# [REQUIRED ACTION]
Restate all of the entries exactly, each line as it stands.
☆ ☆ ☆ ☆ ☆
// The operations on the sets of cells, with the working words as their memory: an inner part of diagram stores, whose callers see only
// the crate `diagrams`. May use `faults`, `stores` and `cells`. Promises: an operation adds exactly the cells that its answer lacks, or
// is refused and changes no word; the working words are zero after it.
#![tactic(auto)]

pub mod apply;
mod working;
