//! What counts of an entrant, cell by cell.

ghost use Rattle.std.specs.Prelude.{◌≡◌, ◌++◌, IfOk, OnOk, decimal};
ghost use Rattle.formats.specs.Results.{best_of};
ghost use Rattle.sheets.specs.Sheet.{best_text};
ghost use Rattle.board_rounds.specs.Rows.{attempt_cells, attempt_words, cell, in_parentheses};
ghost use Rattle.board_rounds.specs.Rows.{line_start, mark_end, mark_words, name_cell};
ghost use Rattle.board_rounds.specs.Rows.{person_cells, place_words, result_cells};

use crate::counting::is_left_out;
use attempts::{NoMemory, Unit, Value, print_value, push_decimal};
use formats::{Advance, Averaged, Format, print_average};
use markup::Piece::{Number, Text};
use markup::fill;
use std::alloc::Global;

/// Adds a cell with a text that HTML reads as it is.
#[tactic(auto, unfolding(crate::specs::Rows::cell))]
pub fn push_cell(out: &mut Vec<u8>, text: &[u8]) -> Result<(), NoMemory>
    ensures { OnOk result (out.new.items ≡ out.old.items ++ cell text.now) }
{
    out.extend_from_slice(b"<td>")?;
    out.extend_from_slice(text)?;
    out.extend_from_slice(b"</td>")
}

/// A place, where there is an attempt.
pub(crate) fn place_text(alloc: Global, place: u16, values: &[Value]) -> Result<Vec<u8>, NoMemory>
    ensures { IfOk result (λ text. text.items ≡ place_words place values.now) }
{
    let mut text = Vec::new(alloc);
    if values.is_empty() {
        return Ok(text);
    }
    push_decimal(&mut text, u32::from(place))?;
    Ok(text)
}

/// The best value, or `-` where there is no attempt.
pub fn best_text(
    alloc: Global,
    values: &[Value],
    best: Value,
    unit: Unit,
) -> Result<Vec<u8>, NoMemory>
    requires { best ≡ best_of values.now }
    ensures { IfOk result (λ text. text.items ≡ best_text unit values.now) }
{
    if values.is_empty() {
        Vec::from_slice(alloc, b"-")
    } else {
        print_value(alloc, best, unit)
    }
}

/// A text, or the same in parentheses.
fn in_parentheses(alloc: Global, left_out: bool, text: Vec<u8>) -> Result<Vec<u8>, NoMemory>
    ensures { IfOk result (λ made. made.items ≡ in_parentheses left_out text.items) }
{
    if !left_out {
        return Ok(text);
    }
    let mut made = Vec::from_slice(alloc, b"(")?;
    made.extend_from_slice(&text)?;
    made.extend_from_slice(b")")?;
    Ok(made)
}

/// The attempt at a place, counted from 0, or `-` where it is not there.
pub(crate) fn attempt_text(
    alloc: Global,
    format: Format,
    values: &[Value],
    place: usize,
    unit: Unit,
) -> Result<Vec<u8>, NoMemory>
    ensures { IfOk result (λ text. text.items ≡ attempt_words unit format values.now place) }
{
    match values.get(place) {
        Some(value) => {
            let text = print_value(alloc, *value, unit)?;
            in_parentheses(alloc, is_left_out(format, values, place, *value), text)
        }
        None => Vec::from_slice(alloc, b"-"),
    }
}

/// What is said of whether an entrant advances.
fn mark_words(through: bool, advance: Advance, closed: bool) -> &'static str
    ensures { result.now ≡ mark_words through advance closed }
{
    match (through, closed) {
        (true, true) => "yes",
        (true, false) => "would advance",
        (false, false) => "",
        (false, true) => match advance {
            Advance::Final => "",
            Advance::Top(_) | Advance::Percent(_) => "no",
        },
    }
}

/// Adds the beginning of a line.
pub(crate) fn push_line_start(
    out: &mut Vec<u8>,
    through: bool,
    closed: bool,
) -> Result<(), NoMemory>
    ensures { OnOk result (out.new.items ≡ out.old.items ++ line_start through closed) }
{
    match (through, closed) {
        (true, true) => out.extend_from_slice(b"<tr class=\"yes\">"),
        (true, false) => out.extend_from_slice(b"<tr class=\"would\">"),
        (false, _) => out.extend_from_slice(b"<tr class=\"no\">"),
    }
}

const NAME: &[u8] = b"<th scope=\"row\" dir=\"auto\"><a href=\"/person/$\">$</a></th>";

#[tactic(auto, unfolding(crate::specs::Rows::name_cell))]
pub(crate) fn push_name(out: &mut Vec<u8>, number: u16, name: &[u8]) -> Result<(), NoMemory>
    ensures { OnOk result (out.new.items ≡ out.old.items ++ name_cell number name.now) }
{
    fill(out, NAME, &[Number(number as u64), Text(name)])
}

/// Adds a cell with a number, in decimal.
#[tactic(auto, unfolding(crate::specs::Rows::cell))]
pub fn push_number(out: &mut Vec<u8>, number: u16) -> Result<(), NoMemory>
    ensures { OnOk result (out.new.items ≡ out.old.items ++ cell (decimal number)) }
{
    out.extend_from_slice(b"<td>")?;
    push_decimal(out, u32::from(number))?;
    out.extend_from_slice(b"</td>")
}

/// Adds the place, the number and the name of an entrant.
pub(crate) fn push_person_cells(
    out: &mut Vec<u8>,
    place: u16,
    number: u16,
    name: &[u8],
    values: &[Value],
) -> Result<(), NoMemory>
    ensures { OnOk result (out.new.items ≡ out.old.items
        ++ person_cells place number name.now values.now) }
{
    let place = place_text(*out.allocator(), place, values)?;
    push_cell(out, &place)?;
    push_number(out, number)?;
    push_name(out, number, name)
}

/// Adds the average and the best of an entrant, as the sheet has them.
pub fn push_results(
    out: &mut Vec<u8>,
    average: Averaged,
    best: Value,
    values: &[Value],
    unit: Unit,
) -> Result<(), NoMemory>
    requires { best ≡ best_of values.now }
    ensures { OnOk result (out.new.items ≡ out.old.items
        ++ result_cells unit average values.now) }
{
    let average = print_average(*out.allocator(), average, unit)?;
    let best = best_text(*out.allocator(), values, best, unit)?;
    push_cell(out, &average)?;
    push_cell(out, &best)
}

/// Adds a cell for each attempt of the format.
pub(crate) fn push_attempts(
    out: &mut Vec<u8>,
    format: Format,
    values: &[Value],
    count: u8,
    unit: Unit,
) -> Result<(), NoMemory>
    ensures { OnOk result (out.new.items ≡ out.old.items
        ++ attempt_cells unit format values.now count) }
{
    for place in 0..count {
        let text = attempt_text(*out.allocator(), format, values, place as usize, unit)?;
        push_cell(out, &text)?;
    }
    Ok(())
}

/// Adds whether an entrant advances, and ends the line.
pub(crate) fn push_mark(
    out: &mut Vec<u8>,
    through: bool,
    advance: Advance,
    closed: bool,
) -> Result<(), NoMemory>
    ensures { OnOk result (out.new.items ≡ out.old.items
        ++ mark_end through advance closed) }
{
    push_cell(out, mark_words(through, advance, closed).as_bytes())?;
    out.extend_from_slice(b"</tr>\n")
}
☆ ☆ ☆ ☆ ☆
# [PROBLEM SOLUTION]
// The operations on the sets of cells, with the working words as their memory: an inner part of diagram stores, whose callers see only
// the crate `diagrams`. May use `faults`, `stores` and `cells`. Promises: an operation adds exactly the cells that its answer lacks, or
// is refused and changes no word; the working words are zero after it.
#![tactic(auto)]

pub mod apply;
mod working;
//! What counts of an entrant, cell by cell.

ghost use Rattle.std.specs.Prelude.{◌≡◌, ◌++◌, IfOk, OnOk, decimal};
ghost use Rattle.formats.specs.Results.{best_of};
ghost use Rattle.sheets.specs.Sheet.{best_text};
ghost use Rattle.board_rounds.specs.Rows.{attempt_cells, attempt_words, cell, in_parentheses};
ghost use Rattle.board_rounds.specs.Rows.{line_start, mark_end, mark_words, name_cell};
ghost use Rattle.board_rounds.specs.Rows.{person_cells, place_words, result_cells};

use crate::counting::is_left_out;
use attempts::{NoMemory, Unit, Value, print_value, push_decimal};
use formats::{Advance, Averaged, Format, print_average};
use markup::Piece::{Number, Text};
use markup::fill;
use std::alloc::Global;

/// Adds a cell with a text that HTML reads as it is.
#[tactic(auto, unfolding(crate::specs::Rows::cell))]
pub fn push_cell(out: &mut Vec<u8>, text: &[u8]) -> Result<(), NoMemory>
    ensures { OnOk result (out.new.items ≡ out.old.items ++ cell text.now) }
{
    out.extend_from_slice(b"<td>")?;
    out.extend_from_slice(text)?;
    out.extend_from_slice(b"</td>")
}

/// A place, where there is an attempt.
pub(crate) fn place_text(alloc: Global, place: u16, values: &[Value]) -> Result<Vec<u8>, NoMemory>
    ensures { IfOk result (λ text. text.items ≡ place_words place values.now) }
{
    let mut text = Vec::new(alloc);
    if values.is_empty() {
        return Ok(text);
    }
    push_decimal(&mut text, u32::from(place))?;
    Ok(text)
}

/// The best value, or `-` where there is no attempt.
pub fn best_text(
    alloc: Global,
    values: &[Value],
    best: Value,
    unit: Unit,
) -> Result<Vec<u8>, NoMemory>
    requires { best ≡ best_of values.now }
    ensures { IfOk result (λ text. text.items ≡ best_text unit values.now) }
{
    if values.is_empty() {
        Vec::from_slice(alloc, b"-")
    } else {
        print_value(alloc, best, unit)
    }
}

/// A text, or the same in parentheses.
fn in_parentheses(alloc: Global, left_out: bool, text: Vec<u8>) -> Result<Vec<u8>, NoMemory>
    ensures { IfOk result (λ made. made.items ≡ in_parentheses left_out text.items) }
{
    if !left_out {
        return Ok(text);
    }
    let mut made = Vec::from_slice(alloc, b"(")?;
    made.extend_from_slice(&text)?;
    made.extend_from_slice(b")")?;
    Ok(made)
}

/// The attempt at a place, counted from 0, or `-` where it is not there.
pub(crate) fn attempt_text(
    alloc: Global,
    format: Format,
    values: &[Value],
    place: usize,
    unit: Unit,
) -> Result<Vec<u8>, NoMemory>
    ensures { IfOk result (λ text. text.items ≡ attempt_words unit format values.now place) }
{
    match values.get(place) {
        Some(value) => {
            let text = print_value(alloc, *value, unit)?;
            in_parentheses(alloc, is_left_out(format, values, place, *value), text)
        }
        None => Vec::from_slice(alloc, b"-"),
    }
}

/// What is said of whether an entrant advances.
fn mark_words(through: bool, advance: Advance, closed: bool) -> &'static str
    ensures { result.now ≡ mark_words through advance closed }
{
    match (through, closed) {
        (true, true) => "yes",
        (true, false) => "would advance",
        (false, false) => "",
        (false, true) => match advance {
            Advance::Final => "",
            Advance::Top(_) | Advance::Percent(_) => "no",
        },
    }
}

/// Adds the beginning of a line.
pub(crate) fn push_line_start(
    out: &mut Vec<u8>,
    through: bool,
    closed: bool,
) -> Result<(), NoMemory>
    ensures { OnOk result (out.new.items ≡ out.old.items ++ line_start through closed) }
{
    match (through, closed) {
        (true, true) => out.extend_from_slice(b"<tr class=\"yes\">"),
        (true, false) => out.extend_from_slice(b"<tr class=\"would\">"),
        (false, _) => out.extend_from_slice(b"<tr class=\"no\">"),
    }
}

const NAME: &[u8] = b"<th scope=\"row\" dir=\"auto\"><a href=\"/person/$\">$</a></th>";

#[tactic(auto, unfolding(crate::specs::Rows::name_cell))]
pub(crate) fn push_name(out: &mut Vec<u8>, number: u16, name: &[u8]) -> Result<(), NoMemory>
    ensures { OnOk result (out.new.items ≡ out.old.items ++ name_cell number name.now) }
{
    fill(out, NAME, &[Number(number as u64), Text(name)])
}

/// Adds a cell with a number, in decimal.
#[tactic(auto, unfolding(crate::specs::Rows::cell))]
pub fn push_number(out: &mut Vec<u8>, number: u16) -> Result<(), NoMemory>
    ensures { OnOk result (out.new.items ≡ out.old.items ++ cell (decimal number)) }
{
    out.extend_from_slice(b"<td>")?;
    push_decimal(out, u32::from(number))?;
    out.extend_from_slice(b"</td>")
}

/// Adds the place, the number and the name of an entrant.
pub(crate) fn push_person_cells(
    out: &mut Vec<u8>,
    place: u16,
    number: u16,
    name: &[u8],
    values: &[Value],
) -> Result<(), NoMemory>
    ensures { OnOk result (out.new.items ≡ out.old.items
        ++ person_cells place number name.now values.now) }
{
    let place = place_text(*out.allocator(), place, values)?;
    push_cell(out, &place)?;
    push_number(out, number)?;
    push_name(out, number, name)
}

/// Adds the average and the best of an entrant, as the sheet has them.
pub fn push_results(
    out: &mut Vec<u8>,
    average: Averaged,
    best: Value,
    values: &[Value],
    unit: Unit,
) -> Result<(), NoMemory>
    requires { best ≡ best_of values.now }
    ensures { OnOk result (out.new.items ≡ out.old.items
        ++ result_cells unit average values.now) }
{
    let average = print_average(*out.allocator(), average, unit)?;
    let best = best_text(*out.allocator(), values, best, unit)?;
    push_cell(out, &average)?;
    push_cell(out, &best)
}

/// Adds a cell for each attempt of the format.
pub(crate) fn push_attempts(
    out: &mut Vec<u8>,
    format: Format,
    values: &[Value],
    count: u8,
    unit: Unit,
) -> Result<(), NoMemory>
    ensures { OnOk result (out.new.items ≡ out.old.items
        ++ attempt_cells unit format values.now count) }
{
    for place in 0..count {
        let text = attempt_text(*out.allocator(), format, values, place as usize, unit)?;
        push_cell(out, &text)?;
    }
    Ok(())
}

/// Adds whether an entrant advances, and ends the line.
pub(crate) fn push_mark(
    out: &mut Vec<u8>,
    through: bool,
    advance: Advance,
    closed: bool,
) -> Result<(), NoMemory>
    ensures { OnOk result (out.new.items ≡ out.old.items
        ++ mark_end through advance closed) }
{
    push_cell(out, mark_words(through, advance, closed).as_bytes())?;
    out.extend_from_slice(b"</tr>\n")
}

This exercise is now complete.